Just a Recovery Run…

My quads are sore! That was the predominant thought on my mind as my feet hit the floor at 5AM yesterday morning. It was time for my post-race recovery run. I was headed to run with the tri group. I knew I needed to do it, but it sure didn’t sound fun. My legs were sore after all from the general thrashing I gave them on Saturday during the race. Its just a recovery run I thought. No biggie. Not much to learn here. Hobble through, move on.

As we started off at a very easy pace I figured we would go for 15-20 minutes and turn around for an easy 3 to maybe 3.5 miles. Left to my own devices I would have put in two miles and called it good. But each of us had raced 70.3 miles over the weekend and we had stories to share. Trotting along at a slow gate, our breath was easy and we chatted it up. Next thing I knew it was time to turn around.

“Wait, we’re at the low water crossing?! This is 2.5 miles in. That means a five mile recovery run! I’m gonna pay for this!” We had gone much farther than I expected. I actually felt good. The longer I ran, the better I felt.

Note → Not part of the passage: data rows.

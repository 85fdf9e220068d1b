//! Links along which something comes that has no effect.

ghost use Rattle.std.specs.Prelude.{◌≡◌, ◌++◌, IfOk, OnOk};
ghost use Rattle.model_review.specs.Findings.{hidden_along, if_any, is_hidden_link, others_along, types_at};
ghost use Rattle.model_review.specs.declared.finding.Finding.TheVariants.{NotDeclared};

use crate::finding::{Finding, TypesAt, tell_unless};
use crate::flows::has_number;
use crate::view::View;
use crate::walks::LinkFinding;
use plain_values::{List, Mem};
use propagation_links::Link;
use std::alloc::Global;

/// The types of a link that are hidden, if there are any.
#[derive(Clone, Copy)]
pub(crate) struct HiddenLinks;

impl LinkFinding for HiddenLinks {
    ghost use Rattle.model_review.specs.Findings.{hidden_link};

    ghost finding = { λ _. hidden_link };

    fn tell(&self, alloc: Global, found: &mut List<Finding>, view: &View, link: Link) -> Mem<()> {
        if !link.to.outward {
            return Ok(());
        }
        let states = view.states(alloc, link.to.component)?;
        let types = hidden_along(alloc, view, states.items(), link)?;
        let at = TypesAt {
            side: link.to,
            types,
        };
        tell_unless(found, at.is_empty(), Finding::HiddenLink(link.from, at))
    }
}

fn hidden_along(alloc: Global, view: &View, among: &[u32], link: Link) -> Mem<List<u32>>
    ensures { IfOk result (λ types. types ≡ hidden_along view.now among.now link) }
{
    let mut types = List::new(alloc);
    for kind in view.types(link.to) {
        let is_hidden = is_hidden_link(alloc, view, among, link, *kind)?;
        types.push_if(*kind, is_hidden)?;
    }
    Ok(types)
}

fn is_hidden_link(alloc: Global, view: &View, among: &[u32], link: Link, kind: u32) -> Mem<bool>
    ensures { IfOk result (λ hidden. hidden ≡ is_hidden_link view.now among.now link kind) }
{
    match view.fact_at(link.to, kind) {
        Some(target) => view.is_lost_fact(alloc, among, target, view.fact_at(link.from, kind)),
        None => Ok(false),
    }
}

/// The types that may come along a link to a side for which they are not declared, if there are any.
#[derive(Clone, Copy)]
pub(crate) struct NotDeclaredThere;

impl LinkFinding for NotDeclaredThere {
    ghost use Rattle.model_review.specs.Findings.{not_declared};

    ghost finding = { λ _. not_declared };

    fn tell(&self, alloc: Global, found: &mut List<Finding>, view: &View, link: Link) -> Mem<()> {
        match view.declared(link.to) {
            Some(declared) => add_others(alloc, found, view, link, declared),
            None => Ok(()),
        }
    }
}

fn add_others(
    alloc: Global,
    found: &mut List<Finding>,
    view: &View,
    link: Link,
    declared: &[u32],
) -> Mem<()>
    ensures { OnOk result (found.new ≡ found.old ++ if_any (λ types. NotDeclared (types_at link.from types) link.to) (others_along view.now link declared.now)) }
{
    let mut types = List::new(alloc);
    for kind in view.types(link.from) {
        let may_come = view.may_come(view.fact_at(link.from, *kind));
        types.push_if(*kind, may_come && !has_number(declared, *kind))?;
    }
    let at = TypesAt {
        side: link.from,
        types,
    };
    tell_unless(found, at.is_empty(), Finding::NotDeclared(at, link.to))
}
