ghost use Rattle.std.specs.Prelude.{◌≡◌, ◌<◌, ◌+◌, ◌-◌, ◌^◌, [], ◌∷◌, IfOk, IsTrue, None, OnOk, reverse, true};
ghost use Rattle.std.specs.HashMap.{get};
ghost use Rattle.std.specs.List.{list_any};
ghost use Rattle.package_index.specs.inner.Tables.{same_pair};
ghost use Rattle.error_types.specs.inner.Endings.{AreEnds, EndsIn, IsWay, LeadsTo, Turns, TurnsBy, origin, type_through};
ghost use Rattle.error_libraries.specs.Search.{named};
ghost use Rattle.error_libraries.specs.inner.Tables.{has_number};
ghost use Rattle.error_libraries.specs.Libraries.{library_scope};
ghost use Rattle.error_types.specs.declared.endings.Turn.TheVariants.{Ended};

use aadl_syntax::{Ref, TypeKind};
use error_libraries::{Declarations, ItemId};
use plain_values::{FirstRefusal, Mem};
use std::alloc::{AllocError, Global};
use std::collections::HashMap;
use std::marker::Model;

/// The type that an item is at last, or none, and through at most how many aliases.
#[derive(Clone, Copy)]
pub(crate) struct End {
    pub(crate) number: Option<u32>,
    pub(crate) steps: u32,
}

/// What items end in, by the numbers of their packages and places.
pub(crate) type Ends = HashMap<(u32, u32), End>;

/// What an item is: it ends so, or is an alias of another.
#[derive(Clone, Copy)]
pub(crate) enum Turn {
    Ended(End),
    On(ItemId),
}

/// The aliases that were followed. Contracts see them as a list, the last first.
#[derive(Drop)]
struct Way {
    items: Vec<ItemId>,
    marks: HashMap<(u32, u32), bool>,
}

impl Model for Way {
    ghost use Rattle.std.specs.Prelude.{List, reverse};
    ghost use Rattle.std.specs.HashMap.{get};
    ghost use Rattle.package_index.specs.inner.Tables.{same_pair};
    ghost use Rattle.error_libraries.specs.declared.id.ItemId.{ItemId};
    ghost use Rattle.error_libraries.specs.inner.Tables.{AreAmong};

    ghost Value = { List ItemId };

    ghost view = { λ w. reverse w.items.items };

    ghost invariant = { λ w. AreAmong (reverse w.items.items) (get same_pair w.marks) };
}

impl Way {
    fn new(alloc: Global) -> Way
        ensures { result ≡ [] }
    {
        Way {
            items: Vec::new(alloc),
            marks: HashMap::new(alloc),
        }
    }

    /// Whether an item is known to be on the way.
    fn has(&self, id: ItemId) -> bool
        ensures { IsTrue result → list_any (has_number (id.«package», id.item)) self.now ≡ true }
    {
        self.marks.contains_key(&(id.package, id.item))
    }

    /// Goes on from an item.
    fn push(&mut self, id: ItemId) -> Mem<()>
        ensures { OnOk result (self.new ≡ id ∷ self.old) }
    {
        self.items.push(id)?;
        self.marks.insert((id.package, id.item), true)?;
        Ok(())
    }

    /// The items, the last at the end.
    fn items(self) -> Vec<ItemId>
        ensures { reverse result.items ≡ self }
    {
        self.items
    }
}

/// A way that was followed to its end: the aliases, the item behind the last of them, and what this ends in.
#[derive(Drop)]
struct Followed {
    way: Vec<ItemId>,
    last: ItemId,
    end: End,
}

/// The type that an item is, through aliases. What they end in is remembered.
pub(crate) fn type_of(
    alloc: Global,
    declarations: &mut Declarations<'_, '_>,
    ends: &mut Ends,
    id: ItemId,
) -> Mem<Option<u32>>
    requires { AreEnds declarations.old (get same_pair ends.old) }
    ensures kept { declarations.new ≡ declarations.old }
    ensures ends { AreEnds declarations.old (get same_pair ends.new) }
    ensures number { IfOk result (λ number. number ≡ type_through (2 ^ 64 - 1) declarations.old id) }
{
    let followed = follow(alloc, declarations, ends, id)?;
    note_ends(declarations, ends, followed)
}

/// Follows aliases from an item on.
fn follow(
    alloc: Global,
    declarations: &mut Declarations<'_, '_>,
    ends: &Ends,
    id: ItemId,
) -> Mem<Followed>
    requires { AreEnds declarations.old (get same_pair ends.now) }
    ensures kept { declarations.new ≡ declarations.old }
    ensures way { IfOk result (λ followed. IsWay declarations.old (reverse followed.way.items) followed.last) }
    ensures end { IfOk result (λ followed. EndsIn declarations.old followed.last followed.end) }
    ensures origin { IfOk result (λ followed. origin (reverse followed.way.items) followed.last ≡ id) }
{
    let mut way = Way::new(alloc);
    let mut last = id;
    for _ in 0..u64::MAX {
        match turn_of(alloc, declarations, ends, &way, last)? {
            Turn::On(next) => {
                way.push(last)?;
                last = next;
            }
            Turn::Ended(end) => {
                return Ok(Followed {
                    way: way.items(),
                    last,
                    end,
                });
            }
        }
    }
    Err(AllocError)
}

/// What an item is behind a way: one that is on the way comes to no type.
fn turn_of(
    alloc: Global,
    declarations: &mut Declarations<'_, '_>,
    ends: &Ends,
    way: &Way,
    id: ItemId,
) -> Mem<Turn>
    requires { AreEnds declarations.old (get same_pair ends.now) }
    ensures kept { declarations.new ≡ declarations.old }
    ensures turns { IfOk result (Turns declarations.old way.now id) }
{
    if let Some(end) = ends.get(&(id.package, id.item)).copied() {
        return Ok(Turn::Ended(end));
    }
    if way.has(id) {
        return Ok(nowhere());
    }
    item_turn(alloc, declarations, id)
}

/// No type.
fn nowhere() -> Turn
    ensures { result ≡ Ended (record { number = None; steps = 0 }) }
{
    Turn::Ended(End {
        number: None,
        steps: 0,
    })
}

/// What an item is by its declaration.
fn item_turn(alloc: Global, declarations: &mut Declarations<'_, '_>, id: ItemId) -> Mem<Turn>
    ensures kept { declarations.new ≡ declarations.old }
    ensures turns { IfOk result (TurnsBy declarations.old id) }
{
    match declarations.item(id) {
        Some(item) => match &item.kind {
            TypeKind::Alias(target) => alias_turn(alloc, declarations, id.package, target),
            TypeKind::Plain(_) => Ok(Turn::Ended(End {
                number: declarations.number(id),
                steps: 0,
            })),
            _ => Ok(nowhere()),
        },
        None => Ok(nowhere()),
    }
}

/// What an alias leads to.
fn alias_turn<'a>(
    alloc: Global,
    declarations: &mut Declarations<'_, 'a>,
    home: u32,
    target: &'a Ref,
) -> Mem<Turn>
    ensures kept { declarations.new ≡ declarations.old }
    ensures turns { IfOk result (λ turn. LeadsTo (named declarations.old (library_scope declarations.old home) target.now).target turn) }
{
    let mut first = FirstRefusal::new();
    match declarations.named_at(alloc, home, target, &mut first)? {
        Some(next) => Ok(Turn::On(next)),
        None => Ok(nowhere()),
    }
}

/// Remembers what the items of a way end in, and gives what the first of them ends in.
fn note_ends(
    declarations: &Declarations<'_, '_>,
    ends: &mut Ends,
    followed: Followed,
) -> Mem<Option<u32>>
    requires ends { AreEnds declarations.now (get same_pair ends.old) }
    requires way { IsWay declarations.now (reverse followed.way.items) followed.last }
    requires end { EndsIn declarations.now followed.last followed.end }
    ensures ends { AreEnds declarations.now (get same_pair ends.new) }
    ensures number { IfOk result (λ number. number ≡ type_through (2 ^ 64 - 1) declarations.now (origin (reverse followed.way.items) followed.last)) }
{
    let Followed {
        mut way,
        mut last,
        mut end,
    } = followed;
    while let Some(id) = way.pop() {
        end = one_more(end)?;
        ends.insert((id.package, id.item), end)?;
        last = id;
    }
    let _ = last;
    Ok(end.number)
}

/// The same through one alias more.
fn one_more(end: End) -> Mem<End>
    ensures number { IfOk result (λ more. more.number ≡ end.number) }
    ensures steps { IfOk result (λ more. more.steps ≡ end.steps + 1) }
    ensures few { IfOk result (λ more. more.steps < 2 ^ 32) }
{
    if end.steps == u32::MAX {
        return Err(AllocError);
    }
    Ok(End {
        number: end.number,
        steps: end.steps + 1,
    })
}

I woke up this morning and my quads were almost entirely pain free. Wow! It worked! The five miles actually paid off; they didn’t cost me!

Three years into endurance sports and I’m still learning, still growing. I’ll tuck this nugget of experience away for future post-race and heavy training session recovery. Go a little farther than you think you need. Do it with friends if possible.

Sounds like grief recovery too! The emotions and body are often frayed and worn down after a significant loss. There will be a recovery period. There needs to be a recovery period. The pace needs to be slower, and it probably needs to go longer than you thought. But you’ll survive. Yes, its painful to work those exposed nerves and broken hearts, that’s why you need a friend along for support, but there’s healing on the other side.

Its a choice. How you live each day is a choice. You don’t have to work on those broken and injured spots. But if you just bury the pain, it can’t ever come out and leave you free to live and thrive again.

Yeah, it was just a recovery run. Right.